Your answer must be every line of the data that contains "both".

:: Source material ::

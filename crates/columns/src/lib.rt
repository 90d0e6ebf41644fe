// One strip and one row of a map's cells: the columns in which the strip is not away lie side by side, and so do those in which it is inside. Each
// is found from columns that are known to hold them all, by a walk in from both ends.
#![tactic(auto)]

ghost use Rattle.std.specs.Prelude.{◌≡◌, true, false, not, ◌&&◌, ℕ, ◌-◌, ◌≤◌, ◌<◌, T, pos, nat_abs, length};
ghost use Rattle.std.specs.Int.Signed.{le_z};
ghost use Rattle.integers.specs.Absolute.{absℤ};
ghost use Rattle.model.specs.Store.{width};
ghost use Rattle.ranges.specs.Sizes.{Sized};
ghost use Rattle.nodes.specs.Places.{strip_in};
ghost use Rattle.spans.specs.Among.{among};
ghost use Rattle.row_laws.specs.Columns.{off};
ghost use Rattle.row_laws.specs.Slanted.{along_q};
ghost use Rattle.columns.specs.Views.{view_of, away_in, inside_in, near_at, inside_at, across_at};
ghost use Rattle.columns.specs.Limits.{FrameSized, ViewSized, RoomFor};

use nodes::{X, Y, extent_at};
use spans::{Span, Step};

// Where rows of a map lie: cells a row, the lower left corner of the first row and half a smallest cell's side in fine units, the logarithm of
// the whole side, and the reach in fine units. `FrameSized` stands in the clauses, and in no ghost field: the definition `frame_of` of drawing makes
// a frame of any job, legal or not. Frame and view stay apart: one is the map's and the other a node's, and both in one would be made for each node.
#[derive(Clone, Copy)]
pub struct Frame {
    pub n: usize,
    pub x: i64,
    pub y: i64,
    pub q: i64,
    pub k: usize,
    pub reach: i64,
}

// A strip as seen from the middle of the frame's first cell: its centre, its axis, its box with half a smallest cell's side, and the half sides of
// the upright box around axis and box. `ViewSized` stands in the clauses, and in no ghost field: the definition `view_of` makes a view of any strip.
#[derive(Clone, Copy)]
pub struct View {
    pub x: i64,
    pub y: i64,
    pub p: i64,
    pub q: i64,
    pub a: i64,
    pub b: i64,
    pub ex: i64,
    pub ey: i64,
}

// the view of the first node of part
pub fn view_of(part: &[i32], frame: Frame) -> View
    requires sizes { (width ≤ length part.now) × Sized (strip_in part.now) × FrameSized frame }
    ensures view { result ≡ view_of frame (strip_in part.now) }
{
    let h = extent_at(part, X);
    let v = extent_at(part, Y);
    let a = h.half + frame.q;
    let b = v.half + frame.q;
    View {
        x: h.centre - (frame.x + frame.q),
        y: v.centre - (frame.y + frame.q),
        p: h.axis,
        q: v.axis,
        a,
        b,
        ex: h.axis.abs() + a,
        ey: v.axis.abs() + b,
    }
}

// from z to the middle of column i, both seen from the middle of the first column; of rows likewise
fn gap(i: usize, z: i64, frame: Frame) -> i64
    requires sizes { (i ≤ frame.n) × (nat_abs z ≤ 578813952) × FrameSized frame }
    ensures from { result ≡ off frame.q z (pos i) }
    ensures size { nat_abs result ≤ 1073741824 }
{
    2 * frame.q * i as i64 - z
}

// the columns, or rows, whose middles are no farther from z than e
pub fn reached(z: i64, e: i64, frame: Frame) -> Span
    requires sizes { (nat_abs z ≤ 578813952) × (nat_abs e ≤ 1073741824) × FrameSized frame }
    ensures near { (i : ℕ) → among result i ≡ le_z (absℤ (off frame.q z (pos i))) e }
{
    Step::PowerOfTwo(frame.k).around(z, e)
}

// ---- a walk in from both ends, to where a test holds

fn first_column<F: Fn(usize) -> bool>(c: Span, holds: &F) -> usize
    requires { (i : ℕ) → i < c.hi → F.pre holds.now i }
    ensures from { c.lo ≤ result }
    ensures before { (i : ℕ) → c.lo ≤ i → i < result → F.post holds.now i false }
    ensures there { result < c.hi → F.post holds.now result true }
{
    for i in c.lo..c.hi {
        if holds(i) {
            return i;
        }
    }
    c.lo.max(c.hi)
}

// where the columns end, from column lo on
fn end_column<F: Fn(usize) -> bool>(lo: usize, hi: usize, holds: &F) -> usize
    requires { (i : ℕ) → i < hi → F.pre holds.now i }
    ensures to { result ≤ hi }
    ensures behind { (i : ℕ) → lo ≤ i → result ≤ i → i < hi → F.post holds.now i false }
    ensures there { lo < result → F.post holds.now (result - 1) true }
{
    for last in (lo..hi).rev() {
        if holds(last) {
            return last + 1;
        }
    }
    lo.min(hi)
}

// c without the columns at either end in which the test does not hold
fn trimmed<F: Fn(usize) -> bool>(c: Span, holds: F) -> Span
    requires { (i : ℕ) → i < c.hi → F.pre holds i }
    ensures inner { (c.lo ≤ result.lo) × (result.hi ≤ c.hi) }
    ensures left { (i : ℕ) → c.lo ≤ i → i < result.lo → F.post holds i false }
    ensures right { (i : ℕ) → result.lo ≤ i → result.hi ≤ i → i < c.hi → F.post holds i false }
    ensures ends { result.lo < result.hi → F.post holds result.lo true × F.post holds (result.hi - 1) true }
{
    let lo = first_column(c, &holds);
    let hi = end_column(lo, c.hi, &holds);
    Span { lo, hi }
}

// ---- the two tests, in column i of the row w away from the strip

// not apart by the upright boxes
fn is_near(v: View, frame: Frame, w: i64, i: usize) -> bool
    requires sizes { ViewSized v × FrameSized frame × (nat_abs w ≤ 1073741824) × (i ≤ frame.n) }
    ensures told { result ≡ near_at frame v w i }
{
    !strip_tests::apart(gap(i, v.x, frame).abs(), w.abs(), v.ex, v.ey, frame.reach)
}

fn is_inside(v: View, frame: Frame, w: i64, i: usize) -> bool
    requires sizes { ViewSized v × FrameSized frame × (nat_abs w ≤ 1073741824) × (i ≤ frame.n) }
    ensures told { result ≡ inside_at frame v w i }
{
    strip_tests::inside(gap(i, v.x, frame).abs(), w.abs(), v.ex, v.ey, frame.reach)
}

// ---- the slanted test

// What the cross product may come to where the slanted test does not say away. An axis along x or y needs none.
pub fn room_of(v: View, frame: Frame) -> i64
    requires sizes { ViewSized v × FrameSized frame }
    ensures room { RoomFor frame v result }
{
    if v.p == 0 || v.q == 0 {
        return 0;
    }
    let ap = v.p.abs();
    let aq = v.q.abs();
    let length = lengths::length(ap as usize, aq as usize);
    v.a * aq + v.b * ap + frame.reach * length as i64 - 1
}

// p with the sign that makes the cross product |q| times a column's place, less what the columns share
fn along(p: i64, q: i64) -> i64
    requires sizes { nat_abs p ≤ 536870912 }
    ensures turned { result ≡ along_q p q }
{
    if q < 0 { -p } else { p }
}

// the columns of c in which the slanted test does not say away. Of an axis along x or y every one: what it says there the upright boxes say too
fn across(v: View, frame: Frame, room: i64, w: i64, c: Span) -> Span
    requires sizes { ViewSized v × FrameSized frame × RoomFor frame v room × (nat_abs w ≤ 1073741824) }
    ensures found { (i : ℕ) → among result i ≡ (among c i && across_at frame v w i) }
    ensures inner { result.hi ≤ c.hi }
{
    if v.p == 0 || v.q == 0 {
        return c;
    }
    let aq = v.q.abs();
    let u = w * along(v.p, v.q) + v.x * aq;
    let d = 2 * frame.q * aq;
    c.meet(Step::Length(d as usize).around(u, room))
}

// ---- both

// the columns of c in which the strip is not away from the cells of row j
pub fn kept(v: View, frame: Frame, room: i64, j: usize, c: Span) -> Span
    requires sizes { ViewSized v × FrameSized frame × RoomFor frame v room × (j ≤ frame.n) × (c.hi ≤ frame.n) }
    ensures found { (i : ℕ) → among result i ≡ (among c i && not (away_in frame v i j)) }
    ensures inner { result.hi ≤ c.hi }
{
    let w = gap(j, v.y, frame);
    let near = across(v, frame, room, w, c);
    trimmed(near, |i| is_near(v, frame, w, i))
}

// the columns of c in which the strip is inside the reach of the cells of row j
pub fn deep(v: View, frame: Frame, j: usize, c: Span) -> Span
    requires sizes { ViewSized v × FrameSized frame × (j ≤ frame.n) × (c.hi ≤ frame.n) }
    ensures found { (i : ℕ) → among result i ≡ (among c i && inside_in frame v i j) }
    ensures inner { result.hi ≤ c.hi }
{
    let w = gap(j, v.y, frame);
    trimmed(c, |i| is_inside(v, frame, w, i))
}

:::

» Answer for the task
// is found from columns that are known to hold them all, by a walk in from both ends.
// a frame of any job, legal or not. Frame and view stay apart: one is the map's and the other a node's, and both in one would be made for each node.
// from z to the middle of column i, both seen from the middle of the first column; of rows likewise
// ---- a walk in from both ends, to where a test holds
// ---- both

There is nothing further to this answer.